Task prompt
Wherever the string "from" appears in the records, return the line that holds it.

[Input records]

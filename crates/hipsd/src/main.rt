//! `hipsd`: a server for HiPS sky maps.
//!
//! `run` of the crate `hipsd_run` is the whole program over the ends that it is given; `main` makes the real ones and calls it.
//! The commands of today are `probe`, `session`, `serve`, `export`, `verify`, `make`, `past`, `catalog` and `mirror`.
#![tactic(auto)]

ghost use Rattle.std.specs.Prelude.{◌≡◌, ◌⊎◌, ◌≤◌, IfOk, MatchResult, length};
ghost use Rattle.std.specs.Process.{exit_status};
ghost use Rattle.healpix_nested.specs.Cells.{cell_count};
ghost use Rattle.leaf_probe.specs.declared.asked.Probe.{Probe as AskedProbe};
ghost use Rattle.hipsd_run.specs.declared.command.Command.TheVariants.{Mirror, Probe as ProbeCommand};
ghost use Rattle.hipsd_run.specs.Command.{texts, Asks, IsCommand, IsCommandFor};

mod faults;

use command_output::Status;
use faults::{say_fault, say_peer_fault};
use hipsd_run::{Command, command_for, run, say_version, second_word, words};
use log::sink::Console;
use log::{LevelFilter, Log, Logged, error, warn};
use parent_rule::Steps;
use std::env::VarError;
use std::io::{BufReader, BufWriter};
use std::process::ExitCode;
use std::rt::{Env, Runtime};
use std::sync::Wait;
use std::thread::Threads;
use std::{env, io};
use std_link::{FolderShelf, StreamSink, StreamSource};
use survey_link::{OpenGate, Sink, Source};
use tcp_link::{TcpDoor, Trial, dial, tcp_doors, try_address};

/// How many doors there are.
const DOORS: usize = 64;

/// The environment variable that names a level of the log.
const LOG: &str = "HIPSD_LOG";

// Whether one can listen at the address. If not, why is logged.
fn can_listen<R: Log>(rt: &R, net: &HostRuntime, address: &str) -> bool {
    match try_address(net, address) {
        Trial::Free => true,
        Trial::Taken(refusal) => {
            error!(rt; "can't listen at {address}: {refusal}");
            false
        }
        Trial::Nowhere(refusal) => {
            error!(rt; "can't listen at {address:?}: {refusal}. ADDRESS is an IP address or a host's name, with a port, as 127.0.0.1:8080, or the path of a Unix socket, with a /");
            false
        }
    }
}

// Runs the words, and passes the status on: `mirror` over a connection to its peer, all others over standard input and output.
// A server isn't run at an address at which nobody can listen. A logger's own network knows neither names nor paths, so these
// are looked up by `net`.
fn start<R>(rt: &R, net: &HostRuntime, words: &[String]) -> io::Result<u8>
where
    R: Runtime + AllocGlobal + Threads + Wait + Log + Send + Sync + Clone + Drop,
    R::Reader: Drop,
    ensures usage { ¬ IsCommand (texts words.now) → IfOk result (λ status. (status ≡ 1) ⊎ (status ≡ 6)) }
    ensures usage_only { IfOk result (λ status. status ≡ 1 → ¬ IsCommand (texts words.now)) }
    ensures probe_range { (asked : AskedProbe) → Asks (texts words.now) (ProbeCommand asked)
        → cell_count asked.order ≤ asked.npix → IfOk result (λ status. status ≡ 13) }
{
    match command_for(words, DOORS) {
        Some(Command::Serve(_)) => {
            say_version(rt);
            if can_listen(rt, net, second_word(words)) {
                run_with_streams(rt, net, words)
            } else {
                Ok(Status::DoorFault.number())
            }
        }
        Some(Command::Mirror) => run_with_peer(rt, net, words),
        _ => run_with_streams(rt, net, words),
    }
}

// Runs `mirror` over a connection to the peer that the words name, and no door.
fn run_with_peer<R>(rt: &R, net: &HostRuntime, words: &[String]) -> io::Result<u8>
where
    R: Runtime + AllocGlobal + Threads + Wait + Log + Send + Sync + Clone + Drop,
    requires { Asks (texts words.now) Mirror }
    ensures usage { ¬ IsCommand (texts words.now) → IfOk result (λ status. (status ≡ 1) ⊎ (status ≡ 6)) }
    ensures usage_only { IfOk result (λ status. status ≡ 1 → ¬ IsCommand (texts words.now)) }
    ensures probe_range { (asked : AskedProbe) → Asks (texts words.now) (ProbeCommand asked)
        → cell_count asked.order ≤ asked.npix → IfOk result (λ status. status ≡ 13) }
{
    let address = second_word(words);
    let (mut source, mut sink) = dial(rt, net, address)?;
    let mut shelf = FolderShelf::here(rt.clone()?);
    let mut doors = Vec::new(rt.alloc());
    let status = run_over(rt, words, &mut source, &mut sink, &mut shelf, &mut doors);
    say_peer_fault(rt, status, address, &shelf);
    Ok(status)
}

// Runs the words over standard input and output, and doors of the address that they name.
fn run_with_streams<R>(rt: &R, net: &HostRuntime, words: &[String]) -> io::Result<u8>
where
    R: Runtime + AllocGlobal + Threads + Wait + Log + Send + Sync + Clone + Drop,
    R::Reader: Drop,
    ensures usage { ¬ IsCommand (texts words.now) → IfOk result (λ status. (status ≡ 1) ⊎ (status ≡ 6)) }
    ensures usage_only { IfOk result (λ status. status ≡ 1 → ¬ IsCommand (texts words.now)) }
    ensures probe_range { (asked : AskedProbe) → Asks (texts words.now) (ProbeCommand asked)
        → cell_count asked.order ≤ asked.npix → IfOk result (λ status. status ≡ 13) }
{
    let alloc = rt.alloc();
    let mut source = StreamSource::new(BufReader::new(alloc, rt.reader())?);
    let mut sink = StreamSink::new(BufWriter::new(alloc, io::writer(rt))?);
    let mut shelf = FolderShelf::here(rt.clone()?);
    let mut doors = tcp_doors(rt, net, second_word(words), DOORS)?;
    let status = run_over(rt, words, &mut source, &mut sink, &mut shelf, &mut doors);
    say_fault(rt, status, &source, &sink, &shelf);
    Ok(status)
}

// Runs the words over these ends, and answers the status.
fn run_over<R, S, K>(
    rt: &R,
    words: &[String],
    source: &mut S,
    sink: &mut K,
    shelf: &mut FolderShelf<R>,
    doors: &mut Vec<TcpDoor<R, HostRuntime>>,
) -> u8
where
    R: Runtime + AllocGlobal + Threads + Wait + Log + Send + Sync + Clone + Drop,
    S: Source,
    K: Sink,
    ensures usage { ¬ IsCommand (texts words.now) → (result ≡ 1) ⊎ (result ≡ 6) }
    ensures usage_only { result ≡ 1 → ¬ IsCommandFor (length doors.old.items) (texts words.now) }
    ensures probe_range { (asked : AskedProbe) → Asks (texts words.now) (ProbeCommand asked)
        → cell_count asked.order ≤ asked.npix → result ≡ 13 }
{
    let gate = OpenGate::new();
    let mut steps = Steps::new();
    run(rt, words, source, sink, shelf, doors, &gate, &mut steps)
}

// The exit status of a run: the run's own, and 11 where there was no memory for the words or the ends.
fn exit_code(ended: io::Result<u8>) -> ExitCode
    ensures { MatchResult ended (λ status. exit_status result ≡ status) (λ _. exit_status result ≡ 11) }
{
    match ended {
        Ok(status) => ExitCode::from(status),
        Err(_) => ExitCode::from(Status::OutOfMemory.number()),
    }
}

// The level up to which is logged: that of the environment variable `HIPSD_LOG`, and `info` if it names none.
fn log_level<R: AllocGlobal + Env>(rt: &R) -> LevelFilter {
    match env::var(rt, LOG) {
        Ok(level) => level.as_str().parse().unwrap_or(LevelFilter::Info),
        Err(_) => LevelFilter::Info,
    }
}

// Warns if the environment variable is set and names no level.
fn say_level<R: AllocGlobal + Env + Log>(rt: &R) {
    match env::var(rt, LOG) {
        Ok(level) if level.as_str().parse::<LevelFilter>().is_err() => {
            warn!(rt; "{LOG} = {level:?} is none of off, error, warn, info, debug and trace: info is used");
        }
        Err(VarError::NotUnicode) => {
            warn!(rt; "{LOG} is none of off, error, warn, info, debug and trace: info is used");
        }
        _ => {}
    }
}

fn main(rt: HostRuntime) -> ExitCode {
    let logged = Logged::new(rt, log_level(&rt), Console(rt));
    say_level(&logged);
    exit_code(match words(rt.alloc(), env::args(&rt)) {
        Ok(words) => start(&logged, &rt, &words),
        Err(error) => Err(error),
    })
}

[/Input records]

Answer area
        Ok(status) => ExitCode::from(status),
        Err(_) => ExitCode::from(Status::OutOfMemory.number()),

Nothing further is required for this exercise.